Previous studies indicated that PPRV infection in goat PBMC can induce a classic inflammatory response characterized by enhanced expression of transcription of cytokines such as TNFα, IL-18, IL-12, IFNγ, IFNβ, as well as anti-inflammatory cytokines, including IL-4 and IL-10 [48]. In this study, it was found that tumor necrosis factor receptor superfamily member TNFRSF9 genes were targeted by chi-miR-1, chi-miR-1291, novel_mir3, while tumor necrosis factor ligand superfamily member TNFSF13B genes were targeted by novel_mir1, novel_mir85 and novel_mir70. Furthermore, it has been previously demonstrated that miRNA play an important role in regulating NF-κB signaling pathway during viral infections [49] and activation of NF-κB [50]. Our study revealed that NF-κB signaling-related molecules NFKB2 and NFKBIA were targeted by novel_mir3 and chi-miR-155-3p in PPRV infected goat PBMC, respectively.

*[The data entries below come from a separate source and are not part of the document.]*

//! The stalls report of a run on one configuration, with its floors.

ghost use Rattle.std.specs.Prelude.{◌≡◌, ◌≤◌, ◌++◌, ◌∷◌, [], ℕ, List, IfOk, OnOk, length};
ghost use Rattle.std.specs.List.{flat_map};
ghost use Rattle.csv.specs.Records.{fields_of, partial_of};
ghost use Rattle.tomex_rvdec.specs.declared.pool.UnitId.{UnitId};
ghost use Rattle.tomex_rvexec.specs.declared.step.Step.{Step};
ghost use Rattle.tomex_rvexec.specs.Run.{most_steps};
ghost use Rattle.tomex_config.specs.Parts.{all_parts};
ghost use Rattle.tomex_floor.specs.Floor.{floors_by_width};
ghost use Rattle.tomex_config.specs.Configuration.{latency_of};
ghost use Rattle.tomex_layout.specs.Csv.{IsReady, record_text};
ghost use Rattle.tomex_layout.specs.Growth.{Appends, Writes};
ghost use Rattle.tomex_run_views.specs.StallsReport.{IsStallsReport, floor_record, floor_records, header};
ghost use Rattle.tomex_run_views.specs.StallsReport.{name_of_part, other_record, other_records};
ghost use Rattle.tomex_run_views.specs.StallsReport.{part_fields, part_record, report_of_needs};

use csv::{ByteRecord, Writer};
use std::alloc::{AllocError, Allocator, Global};
use std::fmt::Write;
use tomex_config::{Config, Part};
use tomex_floor::floors;
use tomex_layout::{into_text, push_decimal, push_names, put_record};
use tomex_timing::{Needs, Run};

/// Writes the names of the columns.
fn put_header<A: Allocator>(writer: &mut Writer<Vec<u8, A>>, heap: Global) -> Result<(), AllocError>
    requires ready { IsReady writer.old }
    ensures ready { OnOk result (IsReady writer.new) }
    ensures text { OnOk result (Writes (record_text header) writer.old writer.new) }
{
    let mut record = ByteRecord::new(heap);
    push_names(&mut record, &["part", "count", "peak", "stalls"])?;
    put_record(writer, &record)
}

/// Adds a part's name, which is that of its column in the front report.
pub fn push_name_of_part<A: Allocator>(text: &mut String<A>, part: Part) -> Result<(), AllocError>
    ensures { OnOk result (Appends (name_of_part part) text.old text.new) }
{
    match part {
        Part::Stations(pool) => write!(text, "{pool}"),
        Part::Units(unit) => write!(text, "{unit}_units"),
        Part::Buses => text.push_str("buses"),
        Part::Width => text.push_str("width"),
    }
}

/// Adds a part's name as a field.
fn push_part(fields: &mut ByteRecord, scratch: &mut String, part: Part) -> Result<(), AllocError>
    requires { partial_of fields.old ≡ [] }
    ensures fields { OnOk result (fields_of fields.new
        ≡ fields_of fields.old ++ name_of_part part ∷ []) }
    ensures whole { OnOk result (partial_of fields.new ≡ []) }
{
    scratch.clear();
    push_name_of_part(scratch, part)?;
    fields.push_field(scratch.as_bytes())
}

/// Makes a record the one of a part.
fn fill_part(
    fields: &mut ByteRecord,
    scratch: &mut String,
    config: &Config,
    needs: &Needs,
    part: Part,
) -> Result<(), AllocError>
    ensures { OnOk result (fields_of fields.new ≡ part_fields config.now needs.now part) }
{
    let need = needs.need(part);
    fields.clear();
    push_part(fields, scratch, part)?;
    push_decimal(fields, scratch, part.count(config))?;
    push_decimal(fields, scratch, need.peak)?;
    push_decimal(fields, scratch, need.stalls)?;
    Ok(())
}

/// Writes the record of a part.
#[tactic(auto, unfolding(crate::specs::StallsReport::part_record))]
fn put_part<A: Allocator>(
    writer: &mut Writer<Vec<u8, A>>,
    record: &mut ByteRecord,
    scratch: &mut String,
    config: &Config,
    needs: &Needs,
    part: Part,
) -> Result<(), AllocError>
    requires ready { IsReady writer.old }
    ensures ready { OnOk result (IsReady writer.new) }
    ensures text { OnOk result (Writes (part_record config.now needs.now part) writer.old writer.new) }
{
    fill_part(record, scratch, config, needs, part)?;
    put_record(writer, record)
}

/// Writes the records of the parts.
fn put_parts<A: Allocator>(
    writer: &mut Writer<Vec<u8, A>>,
    heap: Global,
    config: &Config,
    needs: &Needs,
) -> Result<(), AllocError>
    requires ready { IsReady writer.old }
    ensures ready { OnOk result (IsReady writer.new) }
    ensures text { OnOk result (Writes (flat_map (part_record config.now needs.now) all_parts) writer.old writer.new) }
{
    let mut record = ByteRecord::new(heap);
    let mut scratch = String::new(heap);
    for part in Part::ALL {
        put_part(writer, &mut record, &mut scratch, config, needs, part)?;
    }
    Ok(())
}

/// Writes the record of cycles that are no part's.
#[tactic(auto, unfolding(crate::specs::StallsReport::other_record))]
fn put_other<A: Allocator>(
    writer: &mut Writer<Vec<u8, A>>,
    heap: Global,
    name: &str,
    cycles: u64,
) -> Result<(), AllocError>
    requires ready { IsReady writer.old }
    ensures ready { OnOk result (IsReady writer.new) }
    ensures text { OnOk result (Writes (other_record name.now cycles) writer.old writer.new) }
{
    let mut record = ByteRecord::new(heap);
    push_names(&mut record, &[name, "-", "-"])?;
    push_decimal(&mut record, &mut String::new(heap), cycles)?;
    put_record(writer, &record)
}

/// Writes the records of what is no part: the other causes of waits, the drain and the total.
fn put_others<A: Allocator>(
    writer: &mut Writer<Vec<u8, A>>,
    heap: Global,
    needs: &Needs,
) -> Result<(), AllocError>
    requires ready { IsReady writer.old }
    ensures ready { OnOk result (IsReady writer.new) }
    ensures text { OnOk result (Writes (other_records needs.now) writer.old writer.new) }
{
    put_other(writer, heap, "branch", needs.branch)?;
    put_other(writer, heap, "operand", needs.operand)?;
    put_other(writer, heap, "address", needs.address)?;
    put_other(writer, heap, "memory", needs.memory)?;
    put_other(writer, heap, "drain", needs.drain())?;
    put_other(writer, heap, "total", needs.total)
}

/// Writes the record of the floor for an issue width.
#[tactic(auto, unfolding(crate::specs::StallsReport::floor_record))]
fn put_floor<A: Allocator>(
    writer: &mut Writer<Vec<u8, A>>,
    heap: Global,
    width: u64,
    cycles: u64,
) -> Result<(), AllocError>
    requires ready { IsReady writer.old }
    ensures ready { OnOk result (IsReady writer.new) }
    ensures text { OnOk result (Writes (floor_record width cycles) writer.old writer.new) }
{
    let mut record = ByteRecord::new(heap);
    let mut scratch = String::new(heap);
    push_names(&mut record, &["floor"])?;
    push_decimal(&mut record, &mut scratch, width)?;
    push_names(&mut record, &["-"])?;
    push_decimal(&mut record, &mut scratch, cycles)?;
    put_record(writer, &record)
}

/// Writes the records of the floors, which are those for the issue widths from 1 to 4.
fn put_floors<A: Allocator>(
    writer: &mut Writer<Vec<u8, A>>,
    heap: Global,
    floors: &[u64; 4],
) -> Result<(), AllocError>
    requires { IsReady writer.old }
    ensures { OnOk result ((latency : UnitId → ℕ) (steps : List Step)
        → floors.now ≡ floors_by_width latency steps → Writes (floor_records latency steps) writer.old writer.new) }
{
    put_floor(writer, heap, 1, floors[0])?;
    put_floor(writer, heap, 2, floors[1])?;
    put_floor(writer, heap, 3, floors[2])?;
    put_floor(writer, heap, 4, floors[3])
}

/// Writes the report of these needs and floors.
fn put_needs<A: Allocator>(
    writer: &mut Writer<Vec<u8, A>>,
    heap: Global,
    config: &Config,
    needs: &Needs,
    floors: &[u64; 4],
) -> Result<(), AllocError>
    requires { IsReady writer.old }
    ensures { OnOk result ((steps : List Step) → floors.now ≡ floors_by_width (latency_of config.now) steps
        → Writes (report_of_needs config.now needs.now steps) writer.old writer.new) }
{
    put_header(writer, heap)?;
    put_parts(writer, heap, config, needs)?;
    put_others(writer, heap, needs)?;
    put_floors(writer, heap, floors)
}

/// The report of these needs and floors.
fn text_of_needs<A: Allocator>(
    alloc: A,
    heap: Global,
    config: &Config,
    needs: &Needs,
    floors: &[u64; 4],
) -> Result<Vec<u8, A>, AllocError>
    ensures { IfOk result (λ text. (steps : List Step)
        → floors.now ≡ floors_by_width (latency_of config.now) steps
        → text.items ≡ report_of_needs config.now needs.now steps) }
{
    let mut writer = Writer::from_writer(Vec::new(alloc));
    put_needs(&mut writer, heap, config, needs, floors)?;
    into_text(writer)
}

/// The stalls report of a run on a configuration: CSV with a header, a record for each part with how many the
/// configuration has, how many of them the run takes at once at most, and for how many cycles its steps wait for one;
/// then the cycles that they wait for what is no part, the drain, which is the cycles after the last issue, and the
/// total; last the floors for the issue widths from 1 to 4.
///
/// `csv` allocates its records in `heap`.
pub fn stalls_report<A: Allocator + Clone>(
    alloc: A,
    heap: Global,
    run: &Run<A>,
    config: &Config,
) -> Result<Vec<u8, A>, AllocError>
    requires few { length run.now ≤ most_steps }
    ensures { IfOk result (λ text. IsStallsReport config.now run.now text.items) }
{
    let needs = run.needs(&alloc, config)?;
    let floors = floors(alloc.clone()?, run, config)?;
    text_of_needs(alloc, heap, config, &needs, &floors)
}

There is evidence demonstrating that in vitro infection of goat PBMC with PPRV caused apoptosis [51, 52]. Particularly, most of the genes targeted by DEmiRNA in this study are involved in the regulation of cellular apoptosis. In this study, we found that PPRV infection triggered several DEmiRNA, including chi-miR-182, chi-miR-671-5p, novel_mir3, and novel_mir330, that target apoptosis-related genes AREL1, CASP8, APAF1, and BAX in goat PBMC. Henceforth by regulating the target genes, cellular miRNA have a profound effect on the regulation of apoptosis of goat PBMC to PPRV early infection. Further investigations are needed to clarify the underlying mechanisms on how these genes are targeted by differentially expressed miRNA and their role in promoting or inhibiting PPRV replication. Although numerous studies demonstrate that PPRV can induce apoptotic cell death in vitro, there is no evidence for in vivo host cell apoptosis. The reasons may be associated with the different expression levels of cellular receptor, infection route, strain-specific and virus infection dose between in vitro and in vivo studies.

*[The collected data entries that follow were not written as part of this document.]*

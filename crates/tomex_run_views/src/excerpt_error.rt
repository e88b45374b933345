//! Why there is no excerpt.

ghost use Rattle.std.specs.Prelude.{◌≡◌};
ghost use Rattle.tomex_run_views.specs.declared.excerpt_error.ExcerptError.TheVariants.{Memory};

use std::alloc::{AllocError, AllocFailed};

/// Why an excerpt of a run can't be made.
#[derive(Clone, Copy, Drop, PartialEq, Eq)]
pub enum ExcerptError {
    /// The run ends before the first of them.
    NoSuchStep,
    /// Out of memory.
    Memory,
}

impl From<AllocError> for ExcerptError {
    ghost from_gives = { λ _ e. e ≡ Memory };

    fn from(_error: AllocError) -> Self {
        ExcerptError::Memory
    }
}

impl<T: Drop> From<AllocFailed<T>> for ExcerptError {
    ghost from_gives = { λ _ e. e ≡ Memory };

    fn from(_error: AllocFailed<T>) -> Self {
        ExcerptError::Memory
    }
}
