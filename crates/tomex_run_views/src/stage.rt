//! The activity of a step in a cycle.

ghost use Rattle.std.specs.Prelude.{◌≡◌, nat_le, ◌&&◌};
ghost use Rattle.tomex_rvexec.specs.Steps.{is_number};
ghost use Rattle.tomex_run_views.specs.Chart.{sign_in, sign_of, stage_in};

use tomex_timing::Times;

/// The activity of a step in a cycle, from its issue to its end.
#[derive(Clone, Copy, PartialEq, Eq)]
pub enum Stage {
    Issue,
    /// A load or store computes its address.
    Address,
    /// The step is in its unit.
    Execute,
    /// The result is on a common data bus.
    Write,
    /// The result waits for a bus.
    BusWait,
    /// The step waits in its station for something else.
    Wait,
}

impl Stage {
    /// The stage's sign in a chart.
    pub fn sign(self) -> &'static str
        ensures { result.now ≡ sign_of self }
    {
        match self {
            Stage::Issue => "I",
            Stage::Address => "A",
            Stage::Execute => "E",
            Stage::Write => "W",
            Stage::BusWait => "-",
            Stage::Wait => "=",
        }
    }
}

/// True if there is a cycle, and it is `this`.
fn is_cycle(cycle: Option<u64>, this: u64) -> bool
    ensures { result ≡ is_number cycle this }
{
    match cycle {
        Some(cycle) => cycle == this,
        None => false,
    }
}

/// True if a cycle is neither before `from` nor after `to`.
fn is_within(from: u64, to: u64, cycle: u64) -> bool
    ensures { result ≡ (nat_le from cycle && nat_le cycle to) }
{
    from <= cycle && cycle <= to
}

/// The activity of a step in a cycle, if any.
pub fn stage_in(at: &Times, cycle: u64) -> Option<Stage>
    ensures { result ≡ stage_in at.now cycle }
{
    if cycle < at.issue {
        return None;
    }
    if at.end < cycle {
        return None;
    }
    if cycle == at.issue {
        return Some(Stage::Issue);
    }
    if is_cycle(at.address, cycle) {
        return Some(Stage::Address);
    }
    if is_within(at.start, at.finish, cycle) {
        return Some(Stage::Execute);
    }
    if cycle == at.end {
        return Some(Stage::Write);
    }
    if at.finish < cycle {
        return Some(Stage::BusWait);
    }
    Some(Stage::Wait)
}

/// A step's sign in a cycle; a space if it does nothing.
#[tactic(auto, unfolding(crate::specs::Chart::sign_in))]
pub fn sign_in(at: &Times, cycle: u64) -> &'static str
    ensures { result.now ≡ sign_in at.now cycle }
{
    match stage_in(at, cycle) {
        Some(stage) => stage.sign(),
        None => " ",
    }
}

In summary, we identified miRNA and evaluated their expression patterns in goat PBMC in response to PPRV infection using deep sequencing. This study supports previous studies indicating the importance of the miRNA landscape in the replication and pathogenesis of PPRV. One-hundred and three known differentially expressed miRNA and 213 novel miRNA candidates were identified. The target genes of these differential miRNA were estimated by GO enrichment and KEGG pathway analyses. In addition, while these data demonstrate the differentially expressed miRNA profiles in goat PBMC in response to vaccine strain of PPRV infection, more studies are needed to understand how wild-type PPRV infection affect miRNA expression patterns.